What has happened is a considerable amount of counterproductive moves that have either prolonged the process of the monument’s removal or furthered the debate that the monument should stay where it’s at regardless of its blatant disregard for a forward thinking environment.
Unnecessary lawsuits from former congressional candidate Everett Corley, and pressure from groups such as Sons of Confederate Veterans and United Daughters of Confederates, have added to the hysteria behind the monument’s removal. Jefferson County Attorney Mike O’Connell fought against this aforementioned lawsuit in late May, and it has since been lifted by Jefferson Circuit Court Judge Judith McDonald-Burkman. Both Burkman and O’Connell sided with Fischer’s initial plans for removal.
More or less, as the majority of us were settling into our summer breaks by relaxing at the pool or heading down to the beach, arguments of where and if the statue should be removed were exhausted to an almost annoying degree.
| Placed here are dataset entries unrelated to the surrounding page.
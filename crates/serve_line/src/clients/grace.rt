ghost use Rattle.std.specs.Prelude.{◌≡◌};
ghost use Rattle.serve_line.specs.Grace.{grace_of};

/// The time of an endpoint's connections after the stop.
#[derive(Clone, Copy)]
pub(crate) enum Grace {
    /// No connection is left.
    Over,
    /// They have time to end.
    Wait,
    /// They are ended.
    Cut,
}

/// The time of an endpoint's connections after this many rests of at most `most`. A hasty stop leaves none.
pub(crate) fn grace_of(rests: u32, most: u32, is_empty: bool, is_hasty: bool) -> Grace
    ensures { result ≡ grace_of rests most is_empty is_hasty }
{
    if is_empty {
        Grace::Over
    } else if is_hasty || rests >= most {
        Grace::Cut
    } else {
        Grace::Wait
    }
}
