ghost use Rattle.std.specs.List.{position_or_len};
ghost use Rattle.std.specs.Prelude.{◌≡◌, ◌<◌, ◌≤◌, [], IfSome, length, position, vec_len};
ghost use Rattle.serve_line.specs.Rows.{Gives, is_feed};

use crate::clients::limits::MOST_ROW;
use crate::failures::is_rest;
use std::alloc::Global;
use std::io::Read;

/// The most bytes of one read.
const PIECE: usize = 256;

/// The lines of a connection.
#[derive(Drop)]
pub(crate) struct RowReader<R: Drop> {
    reader: R,
    // The bytes after the last line that was given.
    held: Vec<u8>,
}

/// The result of a read of a connection.
#[derive(Drop)]
pub(crate) enum Came {
    /// A line, without the line feed that ends it.
    Row(Vec<u8>),
    /// No complete line yet.
    Nothing,
    /// No further line: the connection has ended, a line is too long, or memory ran out.
    End,
}

impl<R: Read + Drop> RowReader<R> {
    /// A reader of lines that has read nothing yet.
    pub fn new(alloc: Global, reader: R) -> RowReader<R>
        ensures { result.held.items ≡ [] }
    {
        RowReader {
            reader,
            held: Vec::new(alloc),
        }
    }

    /// The next line, if it is complete; else it reads once. A last line needs no line feed.
    pub fn next(&mut self) -> Came
        ensures { Gives self.old.held.items result self.new.held.items }
    {
        let end = end_of_row(&self.held);
        if end < self.held.len() {
            return self.cut(end);
        }
        if end > MOST_ROW {
            return Came::End;
        }
        self.read()
    }

    // Takes off the line that ends at this place.
    fn cut(&mut self, end: usize) -> Came
        requires whole { end < vec_len self.old.held }
        requires first { position_or_len is_feed self.old.held.items ≡ end }
        ensures { Gives self.old.held.items result self.new.held.items }
    {
        let Ok(rest) = self.held.split_off(end + 1) else {
            return Came::End;
        };
        self.held.truncate(end);
        Came::Row(std::mem::replace(&mut self.held, rest))
    }

    // Reads once. No line is complete.
    fn read(&mut self) -> Came
        requires few { vec_len self.old.held ≤ 4096 }
        requires none { position_or_len is_feed self.old.held.items ≡ vec_len self.old.held }
        ensures { Gives self.old.held.items result self.new.held.items }
    {
        let mut piece = [0u8; PIECE];
        match self.reader.read(&mut piece) {
            Ok(0) => self.last(),
            Ok(count) => match self.held.extend_from_slice(&piece[..count]) {
                Ok(()) => Came::Nothing,
                Err(_) => Came::End,
            },
            Err(error) if is_rest(error.kind()) => Came::Nothing,
            Err(_) => Came::End,
        }
    }

    // The bytes after the last line feed.
    fn last(&mut self) -> Came
        requires none { position_or_len is_feed self.old.held.items ≡ vec_len self.old.held }
        ensures { Gives self.old.held.items result self.new.held.items }
    {
        if self.held.is_empty() {
            return Came::End;
        }
        let nothing = Vec::new(*self.held.allocator());
        Came::Row(std::mem::replace(&mut self.held, nothing))
    }
}

// The place of the first line feed. Without one it is the number of bytes.
fn end_of_row(bytes: &[u8]) -> usize
    ensures place { result ≡ position_or_len is_feed bytes.now }
    ensures within { result ≤ length bytes.now }
{
    match first_feed(bytes) {
        Some(place) => place,
        None => bytes.len(),
    }
}

// The place of the first line feed.
fn first_feed(bytes: &[u8]) -> Option<usize>
    ensures place { result ≡ position is_feed bytes.now }
    ensures bound { IfSome result (λ place. place < length bytes.now) }
{
    bytes.iter().position(|byte| *byte == b'\n')
}
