ghost use Rattle.std.specs.Prelude.{◌≡◌};
ghost use Rattle.serve_journal.specs.Shown.{shows};

/// Shows that the journal of a centre has the centre's events up to a stamp. Only `JournalFile::keep` makes one, once
/// they are durable. Only that of stamp 0, which shows no event, needs no journal.
#[derive(Debug, Drop)]
pub struct Kept {
    // The number of the centre.
    pub(crate) centre: u8,
    pub(crate) stamp: u32,
}

impl Kept {
    /// Shows no event of this centre: the stamps of events count from 1.
    pub fn no_event(centre: u8) -> Kept
        ensures centre { result.centre ≡ centre }
        ensures stamp { result.stamp ≡ 0 }
    {
        Kept { centre, stamp: 0 }
    }

    /// The same again.
    pub fn again(&self) -> Kept
        ensures { result ≡ self.now }
    {
        Kept {
            centre: self.centre,
            stamp: self.stamp,
        }
    }

    /// Whether it shows the event of this centre with this stamp.
    pub fn shows(&self, centre: u8, stamp: u32) -> bool
        ensures { result ≡ shows self.now centre stamp }
    {
        self.centre == centre && stamp <= self.stamp
    }

    /// The number of the centre.
    pub fn centre(&self) -> u8
        ensures { result ≡ self.now.centre }
    {
        self.centre
    }

    /// The stamp of the last of these events.
    pub fn stamp(&self) -> u32
        ensures { result ≡ self.now.stamp }
    {
        self.stamp
    }
}
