ghost use Rattle.std.specs.Prelude.{◌≡◌};

use crate::durable_file::DurableFile;
use std::fs::{File, OpenFile};
use std::io;
use std::io::{Error, Write};
use std::os::unix::fs::MetadataExt;

/// A file of the system, open for appending. It notices if the file is removed, cut short, or written by another
/// program. After that each call is an error.
#[derive(Drop)]
pub struct SystemFile {
    file: File,
    /// Whether `sync` waits for the disk itself. If not, the bytes survive a crash of the program only.
    is_synced: bool,
    /// The number of bytes that the file should have.
    length: u64,
    harm: Option<Harm>,
}

/// The damage that a file may suffer while it is open.
#[derive(Clone, Copy)]
enum Harm {
    Removed,
    Cut,
}

impl Harm {
    fn error(self) -> Error {
        Error::other(match self {
            Harm::Removed => "its file was removed",
            Harm::Cut => "its file was cut short, or written by another program",
        })
    }
}

impl SystemFile {
    /// A file that `open_journal` or `make_journal` opened.
    pub fn new(file: File, is_synced: bool) -> SystemFile
        ensures { (result.is_synced ≡ is_synced) × (result.length ≡ 0) × (result.harm ≡ None) }
    {
        SystemFile {
            file,
            is_synced,
            length: 0,
            harm: None,
        }
    }

    // Checks that the file still has a name, and that its length is within these bounds.
    fn look(&mut self, least: u64, most: u64) -> io::Result<()> {
        let found = self.file.metadata()?;
        let harm = if found.nlink() == 0 {
            Harm::Removed
        } else if found.len() < least || found.len() > most {
            Harm::Cut
        } else {
            return Ok(());
        };
        self.harm = Some(harm);
        Err(harm.error())
    }

    fn check_harm(&self) -> io::Result<()> {
        match self.harm {
            Some(harm) => Err(harm.error()),
            None => Ok(()),
        }
    }
}

impl DurableFile for SystemFile {
    fn append(&mut self, bytes: &[u8]) -> io::Result<()> {
        self.check_harm()?;
        self.file.write_all(bytes)?;
        self.length = self.length.saturating_add(bytes.len() as u64);
        Ok(())
    }

    fn sync(&mut self) -> io::Result<()> {
        if self.is_synced {
            self.file.sync_data()?;
        }
        self.look(self.length, self.length)
    }

    fn cut(&mut self, length: u64) -> io::Result<()> {
        self.check_harm()?;
        self.look(length, u64::MAX)?;
        self.file.set_len(length)?;
        self.length = length;
        Ok(())
    }
}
And even though honorable approaches to replace the monument with a statue of Louisville native Muhammad Ali have been widely petitioned, there’s hardly been any progress for the time being.
The most embarrassing part of this entire situation is that it’s 2016 and we’re still having to jump through so many hoops to remove a symbol that represents a time where owning human beings was a formidable cause to fight for.
You’d think immediately after the restraining order was lifted back in May that we would’ve seen leaps towards getting it as far away from campus as possible. Yet here we are, starting the fall semester off with an ugly reminder that even though we can escape the classrooms for a few months and enjoy our time off, problems we had going into the summer will be here to greet us once more when school begins.
It must be extremely welcoming to the incoming freshmen class to be greeted by a monument that’s been around since a time in when it was looked down upon for white people to even hold conversations with others outside of their race. What a great first impression.
At a time where racial tensions continue to boil, it’s important we look at the removal of this monument from a progressive standpoint.
If we claim to be a university who prides itself on diversity, it might just be time to get rid of the one thing on campus that screams intolerance.